• [Problem description] The lines below starting at the line containing "let entries = &self.entries;" and ending at the line containing "pub use signed_element::SignedElement;" are to be repeated exactly, with both ends kept and nothing else added.

(Source data)
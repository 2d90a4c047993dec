//! Signed permutations, their group, and their action on chirotopes.

ghost use Rattle.std.specs.Prelude.{◌≡◌, ◌≤◌, ◌<◌, ◌↔◌, length, IsSome, IfSome, IfOk, IsTrue};
ghost use Rattle.om_subsets.specs.Subsets.{IsMember};
ghost use Rattle.om_laws.specs.Sorting.{IsElement};
ghost use Rattle.om_chirotope.specs.Map.{value_of};
ghost use Rattle.om_symmetry.specs.Permutations.{IsSignedPermutation, AreInverse, signed_at, identity, followed_by};
ghost use Rattle.om_symmetry.specs.Permutations.{lifted, image_value, acted};

use super::entries::{Entries, ROOM};
use super::signed_element::SignedElement;
use om_chirotope::Chirotope;
use om_signs::{List, MAX_PLACES, NoMemory, RawMap, Sign};
use om_subsets::Subset;
use std::alloc::Global;
use std::marker::Model;

/// A signed permutation of the elements 1 to n: n distinct elements of 1 to n, each negated or not. It takes a map on
/// these elements to its image, in which the new element i is the old element at place i, or its negative. So it
/// relabels the map, and reorients it. n is at most [`MAX_PLACES`].
///
/// Contracts see the list of its signed elements.
///
/// Source: Björner, Las Vergnas, Sturmfels, White and Ziegler, *Oriented Matroids*, chapters 3 and 7.
#[derive(Drop)]
pub struct SignedPermutation {
    entries: Entries,
}

impl Model for SignedPermutation {
    ghost use Rattle.std.specs.Prelude.{List, ◌≤◌, length};
    ghost use Rattle.om_symmetry.specs.declared.signed_element.SignedElement.{SignedElement};

    ghost Value = { List SignedElement };

    ghost use Rattle.om_symmetry.specs.Permutations.{IsSignedPermutation};

    ghost view = { λ p. p.entries };

    ghost invariant = { λ p. IsSignedPermutation (length p.entries) p.entries };
}

impl SignedPermutation {
    /// The signed permutation with these signed elements, or None if they aren't one: if there are more than
    /// [`MAX_PLACES`], if an element is 0 or above their number, or if an element occurs twice.
    pub fn from_entries(entries: &[SignedElement]) -> Option<SignedPermutation>
        ensures some { IsSome result
            ↔ ((length entries.now ≤ MAX_PLACES) × IsSignedPermutation (length entries.now) entries.now) }
        ensures value { IfSome result (λ w. w ≡ entries.now) }
    {
        if entries.len() > ROOM {
            return None;
        }
        let n = entries.len() as u8;
        let mut listed = Entries::new();
        let mut seen = Subset::first(0, n);
        for a in entries {
            if !is_further(seen, a.element) {
                return None;
            }
            seen = seen.with(a.element);
            listed.push(*a);
        }
        Some(SignedPermutation { entries: listed })
    }

    /// The signed permutation under which each of the elements 1 to n stays. `n` is at most [`MAX_PLACES`].
    pub fn identity(n: u8) -> SignedPermutation
        requires { n ≤ MAX_PLACES }
        ensures { result ≡ identity n }
    {
        let mut entries = Entries::new();
        for element in 1..n + 1 {
            entries.push(SignedElement {
                element,
                negated: false,
            });
        }
        SignedPermutation { entries }
    }

    /// The number n of elements.
    pub fn elements(&self) -> u8
        ensures value { result ≡ length self.now }
        ensures few { result ≤ MAX_PLACES }
        ensures lawful { IsSignedPermutation (length self.now) self.now }
    {
        self.entries.len()
    }

    /// The old element that the new element i is, or its negative. `i` is from 1 to n.
    pub fn at(&self, i: u8) -> SignedElement
        requires low { 1 ≤ i }
        requires high { i ≤ length self.now }
        ensures value { result ≡ signed_at self.now i }
        ensures low { 1 ≤ result.element }
        ensures high { result.element ≤ length self.now }
    {
        self.entries.at(i)
    }

    /// The product: this signed permutation, and then the next, of as many elements.
    pub fn then(&self, next: &SignedPermutation) -> SignedPermutation
        requires { length next.now ≡ length self.now }
        ensures { result ≡ followed_by self.now next.now }
    {
        let mut entries = Entries::new();
        for a in next.entries.as_slice() {
            entries.push(self.entries.at(a.element).negated_if(a.negated));
        }
        SignedPermutation { entries }
    }

    /// The inverse: its product with this signed permutation, in either order, is the identity.
    pub fn inverse(&self) -> SignedPermutation
        ensures elements { length result ≡ length self.now }
        ensures inverse { AreInverse self.now result }
    {
        let n = self.elements();
        let mut entries = SignedPermutation::identity(n).entries;
        for i in 1..n + 1 {
            let a = self.at(i);
            entries.set(
                a.element,
                SignedElement {
                    element: i,
                    negated: a.negated,
                },
            );
        }
        SignedPermutation { entries }
    }

    /// The lift to one more element, n + 1, which stays. n is below [`MAX_PLACES`].
    pub fn lift(&self) -> SignedPermutation
        requires { length self.now < MAX_PLACES }
        ensures { result ≡ lifted self.now }
    {
        let n = self.elements();
        let mut entries = Entries::new();
        for a in self.entries.as_slice() {
            entries.push(*a);
        }
        entries.push(SignedElement {
            element: n + 1,
            negated: false,
        });
        SignedPermutation { entries }
    }

    /// The sign of a set of as many elements as the rank in the image of a chirotope, on as many elements as this
    /// signed permutation has. It is the value of the tuple of the old elements, negated once for each negative among
    /// them.
    pub fn image_sign(&self, chi: &Chirotope, s: Subset) -> Sign
        requires elements { length self.now ≡ chi.now.elements }
        requires n { s.n ≡ chi.now.elements }
        requires size { length s.elements ≡ chi.now.rank }
        ensures { result ≡ image_value self.now (value_of chi.now) s.elements }
    {
        let entries = &self.entries;
        let size = s.size() as usize;
        let mut tuple = [0u8; ROOM];
        let mut sign = Sign::Plus;
        let mut rest = s;
        for place in 0..size {
            let i = rest.least();
            let a = entries.at(i);
            tuple[place] = a.element;
            sign = sign.times(a.sign());
            rest = rest.without(i);
        }
        sign.times(chi.value(&tuple[..size]))
    }

    /// The image of a chirotope on as many elements: its relabelling and reorientation. Memory for the signs comes from
    /// `alloc`.
    ///
    /// [`NoMemory`] comes only if memory runs out.
    pub fn act(&self, alloc: Global, chi: &Chirotope) -> Result<Chirotope, NoMemory>
        requires { length self.now ≡ chi.now.elements }
        ensures { IfOk result (λ d. d ≡ acted self.now chi.now) }
    {
        let rank = chi.rank();
        let elements = self.elements();
        let mut signs = List::new(alloc);
        for s in Subset::all(rank, elements) {
            signs.push(self.image_sign(chi, s))?;
        }
        Ok(Chirotope::lawful(RawMap {
            rank,
            elements,
            signs,
        }))
    }
}

/// Whether e is one of the elements 1 to n, from which the set is taken, and isn't in the set.
fn is_further(seen: Subset, e: u8) -> bool
    ensures { IsTrue result ↔ (IsElement seen.n e × (IsMember e seen.elements → ⊥)) }
{
    1 <= e && e <= seen.n() && !seen.has(e)
}
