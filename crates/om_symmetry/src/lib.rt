//! Signed permutations of the elements of an oriented matroid: relabellings and reorientations, and the laws of their
//! action on maps and chirotopes.
//!
//! Source of the notions: Björner, Las Vergnas, Sturmfels, White and Ziegler, *Oriented Matroids*, chapters 3 and 7.
#![tactic(auto)]

mod entries;
mod laws;
mod signed_element;
mod signed_permutation;

pub use laws::{
    action_on_maps, bases_of_an_image, group_of_signed_permutations, images_of_chirotopes,
    isomorphism_is_an_equivalence, reorientations_and_negatives, values_of_an_image,
};
pub use signed_element::SignedElement;
pub use signed_permutation::SignedPermutation;
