ghost use Rattle.std.specs.Prelude.{◌≡◌};
ghost use Rattle.om_symmetry.specs.Permutations.{negated_if, sign_of};

use om_signs::Sign;

/// An element of 1 to n, or its negative.
///
/// Source: Björner, Las Vergnas, Sturmfels, White and Ziegler, *Oriented Matroids*, chapter 3.
#[derive(Clone, Copy, Debug, PartialEq, Eq)]
pub struct SignedElement {
    /// The element, counted from 1.
    pub element: u8,
    /// Whether the negative of the element is meant.
    pub negated: bool,
}

impl SignedElement {
    /// The element, negated once more if `negated` says so.
    pub fn negated_if(self, negated: bool) -> SignedElement
        ensures { result ≡ negated_if negated self }
    {
        SignedElement {
            element: self.element,
            negated: self.negated != negated,
        }
    }

    /// Minus for a negative, and else plus.
    pub fn sign(self) -> Sign
        ensures { result ≡ sign_of self }
    {
        if self.negated {
            Sign::Minus
        } else {
            Sign::Plus
        }
    }
}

• [Result below]
        let entries = &self.entries;
        let size = s.size() as usize;
        let mut tuple = [0u8; ROOM];
        let mut sign = Sign::Plus;
        let mut rest = s;
        for place in 0..size {
            let i = rest.least();
            let a = entries.at(i);
            tuple[place] = a.element;
            sign = sign.times(a.sign());
            rest = rest.without(i);
        }
        sign.times(chi.value(&tuple[..size]))
    }

    /// The image of a chirotope on as many elements: its relabelling and reorientation. Memory for the signs comes from
    /// `alloc`.
    ///
    /// [`NoMemory`] comes only if memory runs out.
    pub fn act(&self, alloc: Global, chi: &Chirotope) -> Result<Chirotope, NoMemory>
        requires { length self.now ≡ chi.now.elements }
        ensures { IfOk result (λ d. d ≡ acted self.now chi.now) }
    {
        let rank = chi.rank();
        let elements = self.elements();
        let mut signs = List::new(alloc);
        for s in Subset::all(rank, elements) {
            signs.push(self.image_sign(chi, s))?;
        }
        Ok(Chirotope::lawful(RawMap {
            rank,
            elements,
            signs,
        }))
    }
}

/// Whether e is one of the elements 1 to n, from which the set is taken, and isn't in the set.
fn is_further(seen: Subset, e: u8) -> bool
    ensures { IsTrue result ↔ (IsElement seen.n e × (IsMember e seen.elements → ⊥)) }
{
    1 <= e && e <= seen.n() && !seen.has(e)
}
filename crates/om_symmetry/src/lib.rt
//! Signed permutations of the elements of an oriented matroid: relabellings and reorientations, and the laws of their
//! action on maps and chirotopes.
//!
//! Source of the notions: Björner, Las Vergnas, Sturmfels, White and Ziegler, *Oriented Matroids*, chapters 3 and 7.
#![tactic(auto)]

mod entries;
mod laws;
mod signed_element;
mod signed_permutation;

pub use laws::{
    action_on_maps, bases_of_an_image, group_of_signed_permutations, images_of_chirotopes,
    isomorphism_is_an_equivalence, reorientations_and_negatives, values_of_an_image,
};
pub use signed_element::SignedElement;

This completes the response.